The other sense of vayadhammā - i.e. disappointment - would lead to a rendering that emphasised the subjective pole of experience. All conditioned things are disappointing. Dhamma also has a subjective aspect. Dhamma as phenomena are the elements of mental experience, they relate to mental states rather than phenomena out there. And saṅkhārā in this case refers not to "things" in any concrete sense, but to experience. So another translation emerges which we might render: "all experiences are disappointing", with the caveat that experience here is experience of conditioned dhammas, not unconditioned. Experience of unconditioned dhammas is by definition not disappointing.
I find this approach more felicitous as it is in the mental sphere that we mostly work in Buddhist practice. We can say that conditioned things, the complex sense and mental impressions that make up experience, are disappointing because they are impersonal (anatta) and impermanent (anicca). We interpret them as personal and permanent and this sets up false expectations and assumptions, which inevitably lead to disappointment, and even perhaps to madness:
Anicce niccasaññino, dukkhe ca sukhasaññino;
anattani ca attāti, asubhe subhasaññino;
micchādiṭṭhihatā sattā, khittacittā visaññino.

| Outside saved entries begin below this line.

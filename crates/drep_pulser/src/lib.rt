//! The count of the stake of DReps, a number of frozen entries at a time.
#![tactic(auto)]

ghost use Rattle.std.specs.Prelude.{◌≡◌, IfOk};

use coin_frac::NoMemory;
use std::alloc::Global;

mod bounds;
mod counted;
mod counting;
mod hints;
mod part;
mod sums;
mod walk;

pub use counted::Counted;
pub use counting::{Counting, begin};
pub use part::Part;
pub use walk::Walk;

/// A count that goes on, or one that has ended. (the DRep pulser of cardano-ledger)
#[derive(Debug, Drop)]
pub enum Pulser {
    /// Some entries are not visited yet.
    Counting(Counting),
    /// All are visited.
    Counted(Counted),
}

impl Pulser {
    /// A copy.
    pub fn copied(&self, alloc: Global) -> Result<Pulser, NoMemory>
        ensures { IfOk result (λ copy. copy ≡ self.now) }
    {
        Ok(match self {
            Pulser::Counting(counting) => Pulser::Counting(counting.copied(alloc)?),
            Pulser::Counted(counted) => Pulser::Counted(counted.copied(alloc)?),
        })
    }
}
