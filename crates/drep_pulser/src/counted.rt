ghost use Rattle.std.specs.Prelude.{◌≡◌, IfOk};
ghost use Rattle.snapshots.specs.of_gov_model.Snapshot.{Snapshot};
ghost use Rattle.snapshots.specs.of_gov_model.Stake.{drep_stake};
ghost use Rattle.drep_pulser.specs.Count.{sum_for};
ghost use Rattle.drep_pulser.specs.Facts.{IsCountedOf};

use crate::sums::Sums;
use coin_frac::NoMemory;
use gov_ids::Drep;
use std::alloc::Global;
use std::marker::Model;

/// A count that has ended. (the DRep pulser of cardano-ledger)
#[derive(Debug, Drop)]
pub struct Counted {
    pub(crate) total: u64,
    pub(crate) sums: Sums,
}

impl Model for Counted {
    ghost use Rattle.drep_pulser.specs.Count.{Ended};

    ghost Value = { Ended };

    ghost view = { λ a. record { total = a.total; sums = a.sums } };
}

impl Counted {
    /// A copy.
    pub fn copied(&self, alloc: Global) -> Result<Counted, NoMemory>
        ensures { IfOk result (λ copy. copy ≡ self.now) }
    {
        Ok(Counted {
            total: self.total,
            sums: self.sums.copied(alloc)?,
        })
    }

    /// The stake of a DRep in lovelace, 0 for one that was not registered.
    /// (the DRep distribution of cardano-ledger's DRep pulser)
    pub fn stake(&self, d: &Drep) -> u64
        ensures sum { result ≡ sum_for self.now.sums d.now }
        ensures stake { (f : Snapshot) → IsCountedOf f self.now → result ≡ drep_stake f d.now }
    {
        self.sums.get(d)
    }

    /// How many entries were visited.
    pub fn total(&self) -> u64
        ensures { result ≡ self.now.total }
    {
        self.total
    }
}
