ghost use Rattle.std.specs.Prelude.{◌≡◌, ◌+◌, ◌^◌, ◌<◌, None, length, map, IfSome, IfNone, IfOk};
ghost use Rattle.gov_ids.specs.declared.Drep.{Drep};
ghost use Rattle.gov_ids.specs.declared.Drep.TheVariants.{Registered};
ghost use Rattle.gov_ids.specs.Orders.{drep_cmp};
ghost use Rattle.maps.specs.Maps.{IsMap, value_at, changed_at};
ghost use Rattle.drep_pulser.specs.Count.{sum_for, no_sums};
ghost use Rattle.drep_pulser.specs.Parts.{by_drep, no_part, with_part};
ghost use Rattle.drep_pulser.specs.Places.{IsPlaceOf};

use crate::hints::Hints;
use coin_frac::NoMemory;
use drep_book::DrepBook;
use gov_ids::{Credential, Drep};
use std::alloc::Global;
use std::marker::Model;

// The sum of each DRep, in lovelace, in the order of DReps. It finds one by hint or binary search.
#[derive(Debug, Drop)]
pub(crate) struct Sums {
    amounts: Vec<(Drep, u64)>,
    hints: Hints,
}

impl Model for Sums {
    ghost use Rattle.std.specs.Prelude.{ℕ, List};
    ghost use Rattle.gov_ids.specs.declared.Drep.{Drep};
    ghost use Rattle.gov_ids.specs.Orders.{drep_cmp};
    ghost use Rattle.maps.specs.Maps.{IsMap};

    ghost Value = { List (Drep × ℕ) };

    ghost view = { λ a. a.amounts.items };

    ghost invariant = { λ a. IsMap drep_cmp a.amounts.items };
}

impl Sums {
    // 0 for each DRep of the book and each predefined one.
    pub(crate) fn of(alloc: Global, dreps: &DrepBook) -> Result<Sums, NoMemory>
        ensures { IfOk result (λ s. s ≡ no_sums dreps.now.dreps) }
    {
        let listed = dreps.expiries(alloc)?;
        let mut amounts = zeros(alloc, listed.as_slice())?;
        amounts.push((Drep::Abstain, 0))?;
        amounts.push((Drep::NoConfidence, 0))?;
        let hints = Hints::of(alloc, amounts.as_slice())?;
        Ok(Sums { amounts, hints })
    }

    // A copy.
    pub(crate) fn copied(&self, alloc: Global) -> Result<Sums, NoMemory>
        ensures { IfOk result (λ copy. copy ≡ self.now) }
    {
        Ok(Sums {
            amounts: self.amounts.iter().copied().collect(alloc)?,
            hints: self.hints.copied(alloc)?,
        })
    }

    // A 0 for each sum.
    pub(crate) fn zeros(&self, alloc: Global) -> Result<Vec<u64>, NoMemory>
        ensures { IfOk result (λ v. v.items ≡ no_part self.now) }
    {
        Ok(self.amounts.iter().map(|_| 0).collect(alloc)?)
    }

    // The index of a DRep's sum, if it has one.
    pub(crate) fn place(&self, d: &Drep) -> Option<usize>
        ensures there { IfSome result (IsPlaceOf self.now d.now) }
        ensures absent { IfNone result (value_at drep_cmp self.now d.now ≡ None) }
        ensures in_order { IsMap drep_cmp self.now }
    {
        let amounts = self.amounts.as_slice();
        match self.hints.place(amounts, d) {
            Some(place) => Some(place),
            None => place_of(amounts, d),
        }
    }

    // The sum of a DRep, 0 where there is none.
    pub(crate) fn get(&self, d: &Drep) -> u64
        ensures { result ≡ sum_for self.now d.now }
    {
        match self.place(d) {
            Some(place) => self.amounts[place].1,
            None => 0,
        }
    }

    // Adds to the sum of a DRep that has one. It takes no memory.
    pub(crate) fn add(&mut self, d: &Drep, n: u64)
        requires { sum_for self.old d.now + n < 2 ^ 64 }
        ensures { self.new ≡ changed_at drep_cmp d.now (λ s. s + n) self.old }
    {
        if let Some(place) = self.place(d) {
            self.amounts[place].1 += n;
        }
    }

    // Adds a part to the sums, in order. It takes no memory.
    pub(crate) fn gather(&mut self, part: &[u64])
        requires length { length part.now ≡ length self.old }
        requires fits { (d : Drep) → sum_for self.old d + sum_for (by_drep self.old part.now) d < 2 ^ 64 }
        ensures { self.new ≡ with_part part.now self.old }
    {
        for place in 0..part.len() {
            self.amounts[place].1 += part[place];
        }
    }
}

// 0 for each of these registered DReps.
fn zeros(alloc: Global, dreps: &[(Credential, u64)]) -> Result<Vec<(Drep, u64)>, NoMemory>
    ensures { IfOk result (λ v. v.items ≡ map (λ e. (Registered e.0, 0)) dreps.now) }
{
    Ok(
        dreps
            .iter()
            .map(|(c, _)| (Drep::Registered(*c), 0))
            .collect(alloc)?,
    )
}

// The index of a DRep's sum in a list in order.
fn place_of(amounts: &[(Drep, u64)], d: &Drep) -> Option<usize>
    requires { IsMap drep_cmp amounts.now }
    ensures there { IfSome result (IsPlaceOf amounts.now d.now) }
    ensures absent { IfNone result (value_at drep_cmp amounts.now d.now ≡ None) }
{
    amounts.binary_search_by(|amount| amount.0.cmp(d)).ok()
}
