ghost use Rattle.std.specs.Prelude.{◌≡◌, ◌<◌, ◌≤◌, ℕ, false, filter, length, IfOk, IfErr, IfSome, IfNone, slice_index};
ghost use Rattle.std.specs.List.{All};
ghost use Rattle.policy_model.specs.Zones.{zone_at};
ghost use Rattle.policy_model.specs.Objects.{start_of};
ghost use Rattle.topology.specs.View.{policy_of};
ghost use Rattle.zone_graph.specs.Grouped.{IsGraphOf};
ghost use Rattle.group_expand.specs.Seen.{site_of, numbers_of, iface_numbers};
ghost use Rattle.group_expand.specs.Areas.{IsFirst, IsAreaRow, FailsArea, is_outside, is_cut_off, IsThere};
ghost use Rattle.group_expand.specs.Spread.{AreMarksOf, AreSpread, marked};
ghost use Rattle.group_expand.specs.declared.area.AreaFail.TheVariants.{Memory};
ghost use Rattle.policy_model.specs.Lists.{numbers_below};
ghost use Rattle.policy_model.specs.Policy.{area_of};

use crate::area::AreaFail;
use crate::spread::{iface_count, mark, marked_zones, spread, zone_of_iface};
use spoc_base::{IfId, NoMemory, ZoneId};
use std::alloc::Global;
use topology::Topo;
use zone_graph::ZoneGraph;

// The zone of the first border.
fn first_zone(topo: Topo<'_>, graph: &ZoneGraph, borders: &[IfId]) -> ZoneId
    requires graph { IsGraphOf (policy_of topo) graph.now }
    requires there { All (λ i. i.0 < length (policy_of topo).ifaces) borders.now }
    requires some { 0 < length borders.now }
    ensures value { result.0 ≡ zone_at (site_of topo.entry graph.now) (slice_index (iface_numbers borders.now) 0) }
    ensures below { result.0 < length graph.now.nets }
{
    zone_of_iface(topo, graph, borders[0])
}

// The zone where an area begins: that of its anchor, or else of its first border.
fn start_zone(topo: Topo<'_>, graph: &ZoneGraph, k: u32) -> ZoneId
    requires graph { IsGraphOf (policy_of topo) graph.now }
    requires there { k < length (policy_of topo).areas }
    ensures value { result.0 ≡ start_of (site_of topo.entry graph.now) k }
    ensures below { result.0 < length graph.now.nets }
{
    let area = topo.area(k);
    match area.anchor {
        Some(n) => graph.zone_of(n),
        None => first_zone(topo, graph, area.borders),
    }
}

// Whether the interface is marked, and its zone isn't.
fn is_cut(topo: Topo<'_>, graph: &ZoneGraph, marks: &[bool], seen: &[bool], i: IfId) -> bool
    requires graph { IsGraphOf (policy_of topo) graph.now }
    requires marks { length marks.now ≡ length (policy_of topo).ifaces }
    requires zones { length seen.now ≡ length graph.now.nets }
    requires there { i.0 < length (policy_of topo).ifaces }
    ensures { result ≡ is_outside (site_of topo.entry graph.now) marks.now seen.now i.0 }
{
    marks[i.0 as usize] && !seen[zone_of_iface(topo, graph, i).0 as usize]
}

// The least interface that is marked while its zone isn't.
fn first_cut(topo: Topo<'_>, graph: &ZoneGraph, marks: &[bool], seen: &[bool]) -> Option<IfId>
    requires graph { IsGraphOf (policy_of topo) graph.now }
    requires marks { length marks.now ≡ length (policy_of topo).ifaces }
    requires zones { length seen.now ≡ length graph.now.nets }
    ensures some { IfSome result (λ i. IsFirst (is_outside (site_of topo.entry graph.now) marks.now seen.now) i.0) }
    ensures there { IfSome result (λ i. i.0 < length (policy_of topo.entry).ifaces) }
    ensures none { IfNone result ((i : ℕ) → i < length (policy_of topo.entry).ifaces → is_outside (site_of topo.entry graph.now) marks.now seen.now i ≡ false) }
{
    for i in 0..iface_count(topo) as u32 {
        if is_cut(topo, graph, marks, seen, IfId(i)) {
            return Some(IfId(i));
        }
    }
    None
}

// The marked zones, ascending, unless one of the marked interfaces isn't in one of them.
fn uncut_zones(
    alloc: Global,
    topo: Topo<'_>,
    graph: &ZoneGraph,
    k: u32,
    start: ZoneId,
    marks: &[bool],
    seen: &[bool],
) -> Result<Vec<ZoneId>, AreaFail>
    requires graph { IsGraphOf (policy_of topo) graph.now }
    requires there { k < length (policy_of topo).areas }
    requires start { start.0 ≡ start_of (site_of topo graph.now) k }
    requires marks { AreMarksOf marks.now (length (policy_of topo).ifaces) (area_of (policy_of topo) k).borders }
    requires seen { AreSpread (site_of topo graph.now) marks.now start.0 seen.now (length graph.now.nets) }
    ensures zones { IfOk result (λ zones. IsAreaRow (site_of topo.entry graph.now) k (numbers_of zones.items)) }
    ensures whole { IfOk result (λ zones. (i : ℕ) → is_cut_off (site_of topo.entry graph.now) k (numbers_of zones.items) i ≡ false) }
    ensures split { IfErr result (λ fail. FailsArea (site_of topo.entry graph.now) k fail) }
    ensures border { IfErr result (λ fail. IsThere (policy_of topo.entry) fail) }
{
    match first_cut(topo, graph, marks, seen) {
        Some(i) => Err(AreaFail::Split(i)),
        None => Ok(listed(alloc, seen, graph.count())?),
    }
}

// The marked zones, ascending. There are at most `most` zones.
fn listed(alloc: Global, seen: &[bool], most: u32) -> Result<Vec<ZoneId>, AreaFail>
    requires { length seen.now ≤ most }
    ensures zones { IfOk result (λ zones. numbers_of zones.items ≡ filter (marked seen.now) (numbers_below (length seen.now))) }
    ensures memory { IfErr result (λ fail. fail ≡ Memory) }
{
    match marked_zones(alloc, seen, most) {
        Ok(zones) => Ok(zones),
        Err(_) => Err(AreaFail::Memory),
    }
}

/// The zones of an area, ascending, unless one of its borders isn't in it.
pub(crate) fn zones_of_area(
    alloc: Global,
    topo: Topo<'_>,
    graph: &ZoneGraph,
    k: u32,
) -> Result<Vec<ZoneId>, AreaFail>
    requires graph { IsGraphOf (policy_of topo) graph.now }
    requires there { k < length (policy_of topo).areas }
    ensures zones { IfOk result (λ zones. IsAreaRow (site_of topo.entry graph.now) k (numbers_of zones.items)) }
    ensures whole { IfOk result (λ zones. (i : ℕ) → is_cut_off (site_of topo.entry graph.now) k (numbers_of zones.items) i ≡ false) }
    ensures split { IfErr result (λ fail. FailsArea (site_of topo.entry graph.now) k fail) }
    ensures border { IfErr result (λ fail. IsThere (policy_of topo.entry) fail) }
{
    let start = start_zone(topo, graph, k);
    let Ok(marks) = border_marks(alloc, topo, k) else {
        return Err(AreaFail::Memory);
    };
    let Ok(seen) = spread(alloc, topo, graph, &marks, start) else {
        return Err(AreaFail::Memory);
    };
    uncut_zones(alloc, topo, graph, k, start, &marks, &seen)
}

// A mark for each border of an area.
fn border_marks(alloc: Global, topo: Topo<'_>, k: u32) -> Result<Vec<bool>, NoMemory>
    requires { k < length (policy_of topo).areas }
    ensures { IfOk result (λ marks. AreMarksOf marks.items (length (policy_of topo.entry).ifaces) (area_of (policy_of topo.entry) k).borders) }
{
    mark(alloc, topo, topo.area(k).borders)
}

Perceiving permanence in the impermanent, and pleasant in the painful
And self in the impersonal, and beauty in the repulsive
Beings are injured by wrong-views,
minds unhinged, they go mad. [ 16 ]
We can therefore translate vayadhammā saṅkhārā as: "all things are perishable" or "all experiences are disappointing". Either one implies the other, but the implication is more clear, I think, in the latter.
appamādena
Appamāda is an interesting word made up from a root, two prefixes, and a case ending. Broken into its constituent parts it is: a + (p)p + mada + ena.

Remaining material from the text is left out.